(Stored data)
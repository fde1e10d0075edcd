//! Reads a workload, drives it on threads, settles and reports it.
ghost use Rattle.std.specs.Prelude.{◌≡◌, ◌↔◌, ◌≤◌, Ok, IfOk, IfErr, IsErrOf, IsTrue, vec_len};
ghost use Rattle.nvme_lane.specs.Limits.{IsOutside};
ghost use Rattle.nvme_pool.specs.Limits.{max_workers};
ghost use Rattle.nvme_log.specs.Account.{IsWholeAccount};
ghost use Rattle.nvme_log.specs.Loaded.{IsLoadedLog, without_posts};
ghost use Rattle.nvme_jobs.specs.Answers.{AnswersHaveTickets};
ghost use Rattle.nvme_front.specs.Hosts.{sent_at, collected_at};
ghost use Rattle.nvme_front.specs.Settles.{settled_past};
ghost use Rattle.nvme_workload.specs.Plan.{plan_of, workload_of};
ghost use Rattle.nvme_workload.specs.Sound.{IsSound};
ghost use Rattle.nvme_lane.specs.declared.mode.Mode.TheVariants.{Loaded};
ghost use Rattle.nvme_runs.specs.Ran.{BeginsAs, settled_in, no_bytes};
ghost use Rattle.nvme_runs.specs.Runs.{HasItsHosts, FitsAll, GatesRan, fault_of, fault_of_drive, rules_for, script_for, is_loaded};
ghost use Rattle.nvme_runs.specs.RunFaults.{IsTextFault, IsLateFault};
ghost use Rattle.nvme_runs.specs.RunMeans.{RunMeans};
ghost use Rattle.nvme_runs.specs.declared.runs.RunError.TheVariants as fault;

mod settlement;
mod setup;

use nvme_arbiter::{Mechanism, Settings};
use nvme_front::{FrontError, Settled};
use nvme_lane::Mode;
use nvme_pool::{Gate, MAX_WORKERS, NoGate};
use nvme_report::{WriteFault, report};
use nvme_threads::{DriveError, drive_fed};
use nvme_workload::{Workload, WorkloadError, read};
use settlement::{are_loaded, settle_run};
use setup::{first_too_long, prepare};
use std::alloc::{AllocError, Global};
use std::io::Write;
use std::sync::Wait;
use std::thread::Threads;
use thiserror::Error;

/// Why a run failed. All its threads are joined, and nothing was written, except with `Write`.
#[derive(Clone, Copy, Debug, PartialEq, Eq, Error)]
pub enum RunError {
    /// The number of workers is outside 1 to `nvme_pool::MAX_WORKERS`.
    #[error("workers")]
    Workers,
    /// The first fault of the workload file. It is never `WorkloadError::NoMemory`.
    #[error("workload: {0}")]
    Workload(WorkloadError),
    /// With `Mode::Loaded` only: this is the first submission region whose script has more commands than its ring
    /// holds.
    #[error("script too long for ring {0}")]
    TooLong(u8),
    /// Out of memory, or a thread couldn't be started.
    #[error("out of memory")]
    NoMemory,
    /// A turn of the front failed. The error is always `FrontError::Stray` (`laws::front_faults_are_strays`).
    #[error("front")]
    Front(FrontError),
    /// The front found nothing to do for too many turns in a row, and not all was done.
    #[error("gave up")]
    GaveUp,
    /// A write of the report failed, or took no byte. The writer has a prefix of the report.
    #[error("write failed")]
    Write,
}

/// What is left of a run that wrote no report, with the mechanism and the settings that its arbitration began with.
#[derive(Debug, Drop)]
pub struct Ran {
    /// The mechanism of the workload.
    pub mechanism: Mechanism,
    /// The settings of the workload, before any Set Features.
    pub settings: Settings,
    /// The log, and what the hosts submitted and collected.
    pub settled: Settled,
}

impl From<WorkloadError> for RunError {
    ghost from_gives = { λ w e. e ≡ fault_of w };

    fn from(error: WorkloadError) -> RunError {
        match error {
            WorkloadError::NoMemory => RunError::NoMemory,
            error => RunError::Workload(error),
        }
    }
}

impl From<DriveError> for RunError {
    ghost from_gives = { λ d e. e ≡ fault_of_drive d };

    fn from(error: DriveError) -> RunError {
        match error {
            DriveError::NoMemory => RunError::NoMemory,
            DriveError::Front(error) => RunError::Front(error),
        }
    }
}

impl From<AllocError> for RunError {
    ghost from_gives = { λ _ e. e ≡ fault.NoMemory };

    fn from(_error: AllocError) -> RunError {
        RunError::NoMemory
    }
}

// Whether a run can't have this number of workers.
fn is_outside(workers: usize) -> bool
    ensures { IsTrue result ↔ IsOutside workers 1 max_workers }
{
    workers == 0 || workers > usize::from(MAX_WORKERS)
}

// The workload of a text. With `Mode::Loaded` its scripts must fit their rings.
fn workload_for(alloc: Global, text: &[u8], mode: Mode) -> Result<Workload, RunError>
    ensures sound { IfOk result (λ w. IsSound (plan_of w)) }
    ensures read { IfOk result (λ w. workload_of text.now ≡ Ok (plan_of w)) }
    ensures fit { IfOk result (λ w. mode ≡ Loaded → FitsAll (plan_of w).submissions) }
    ensures faults { IfErr result (λ e. IsTextFault text.now mode e) }
{
    let workload = read(alloc, text)?;
    if mode == Mode::Loaded
        && let Some(region) = first_too_long(workload.submissions.as_slice())
    {
        return Err(RunError::TooLong(region));
    }
    Ok(workload)
}

// Runs a workload with one worker for each gate. Answers what is settled, and the gates.
fn settled_by<G: Gate + Send + Drop, R: Threads + Wait + Sync>(
    rt: &R,
    alloc: Global,
    workload: Workload,
    mode: Mode,
    gates: Vec<G>,
) -> Result<(Settled, Vec<G>), RunError>
    requires sound { IsSound (plan_of workload) }
    requires number { (1 ≤ vec_len gates) × (vec_len gates ≤ max_workers) }
    ensures hosts { IfOk result (λ r. HasItsHosts (plan_of workload) r.0) }
    ensures account { IfOk result (λ r. IsWholeAccount (rules_for (plan_of workload)) (is_loaded mode) (script_for (plan_of workload)) (sent_at r.0.sent.items) (settled_past r.0) (collected_at r.0.collected.items)) }
    ensures loaded { IfOk result (λ r. mode ≡ Loaded → IsLoadedLog (rules_for (plan_of workload)) (script_for (plan_of workload)) (without_posts (settled_past r.0))) }
    ensures answered { IfOk result (λ r. AnswersHaveTickets (settled_past r.0)) }
    ensures gates { IfOk result (λ r. GatesRan (λ view ticket. G.left (G.entered view ticket) ticket) gates.items r.1.items (settled_past r.0)) }
    ensures faults { IfErr result (IsLateFault (plan_of workload)) }
{
    let patience = workload.patience;
    let parts = prepare(rt, alloc, workload, mode, gates.len() as u8)?;
    if !are_loaded(&parts, mode) {
        return Err(RunError::GaveUp);
    }
    let (parts, gates) = drive_fed(rt, alloc, parts, gates, mode, patience)?;
    let settled = settle_run(rt, alloc, parts, mode)?;
    Ok((settled, gates))
}

/// Runs a workload with one worker for each gate, and writes its report. The gates come back, in order, and each was
/// told of just the executions of its worker.
///
/// Refused with `Workers` exactly where there are no gates or more than `nvme_pool::MAX_WORKERS`; otherwise with the
/// first fault of the workload; otherwise, with `Mode::Loaded`, with the first submission region whose script is too
/// long for its ring; otherwise with `NoMemory` or `Front` where they arise, and with `GaveUp` where not all was done
/// when the run ended. None of these writes anything. Last comes `Write`. It may wait for another thread.
pub fn run_with<G: Gate + Send + Drop, W: Write, R: Threads + Wait + Sync>(
    rt: &R,
    alloc: Global,
    text: &[u8],
    mode: Mode,
    gates: Vec<G>,
    writer: &mut W,
) -> Result<(Settled, Vec<G>), RunError>
    ensures means { RunMeans result (λ r. r.0) writer.old writer.new W.contents text.now mode (vec_len gates) }
    ensures gates { IfOk result (λ r. GatesRan (λ view ticket. G.left (G.entered view ticket) ticket) gates.items r.1.items (settled_past r.0)) }
{
    if is_outside(gates.len()) {
        return Err(RunError::Workers);
    }
    let workload = workload_for(alloc, text, mode)?;
    let (settled, gates) = settled_by(rt, alloc, workload, mode, gates)?;
    match report(&settled, mode, writer) {
        Ok(()) => Ok((settled, gates)),
        Err(WriteFault) => Err(RunError::Write),
    }
}

/// Runs a workload as `run_with` does, with `workers` workers, 1 to `nvme_pool::MAX_WORKERS`, and gates that do
/// nothing. It may wait for another thread.
pub fn run<W: Write, R: Threads + Wait + Sync>(
    rt: &R,
    alloc: Global,
    text: &[u8],
    mode: Mode,
    workers: u8,
    writer: &mut W,
) -> Result<Settled, RunError>
    ensures means { RunMeans result (λ s. s) writer.old writer.new W.contents text.now mode workers }
{
    if is_outside(usize::from(workers)) {
        return Err(RunError::Workers);
    }
    let gates = idle_gates(alloc, workers)?;
    let (settled, _) = run_with(rt, alloc, text, mode, gates, writer)?;
    Ok(settled)
}

/// Runs a workload as `run` does, but writes no report: it answers what is settled, and what its arbitration began
/// with. Refused as `run` is, but never with `Write`. It may wait for another thread.
pub fn settled_run<R: Threads + Wait + Sync>(
    rt: &R,
    alloc: Global,
    text: &[u8],
    mode: Mode,
    workers: u8,
) -> Result<Ran, RunError>
    ensures means { RunMeans result settled_in tt tt no_bytes text.now mode workers }
    ensures begins { IfOk result (BeginsAs text.now) }
    ensures no_write { IsErrOf result RunError.Write → ⊥ }
{
    if is_outside(usize::from(workers)) {
        return Err(RunError::Workers);
    }
    let gates = idle_gates(alloc, workers)?;
    let workload = workload_for(alloc, text, mode)?;
    let (mechanism, settings) = (workload.mechanism, workload.settings);
    let (settled, _) = settled_by(rt, alloc, workload, mode, gates)?;
    Ok(Ran {
        mechanism,
        settings,
        settled,
    })
}

// A gate that does nothing for each worker.
fn idle_gates(alloc: Global, workers: u8) -> Result<Vec<NoGate>, AllocError>
    ensures { IfOk result (λ gates. vec_len gates ≡ workers) }
{
    let mut gates = Vec::with_capacity(alloc, usize::from(workers))?;
    for _ in 0..workers {
        gates.push_reserved(NoGate);
    }
    Ok(gates)
}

What to work on:
Wherever a line above contains "IsTrue", copy that line.

Task solution:
ghost use Rattle.std.specs.Prelude.{◌≡◌, ◌↔◌, ◌≤◌, Ok, IfOk, IfErr, IsErrOf, IsTrue, vec_len};
    ensures { IsTrue result ↔ IsOutside workers 1 max_workers }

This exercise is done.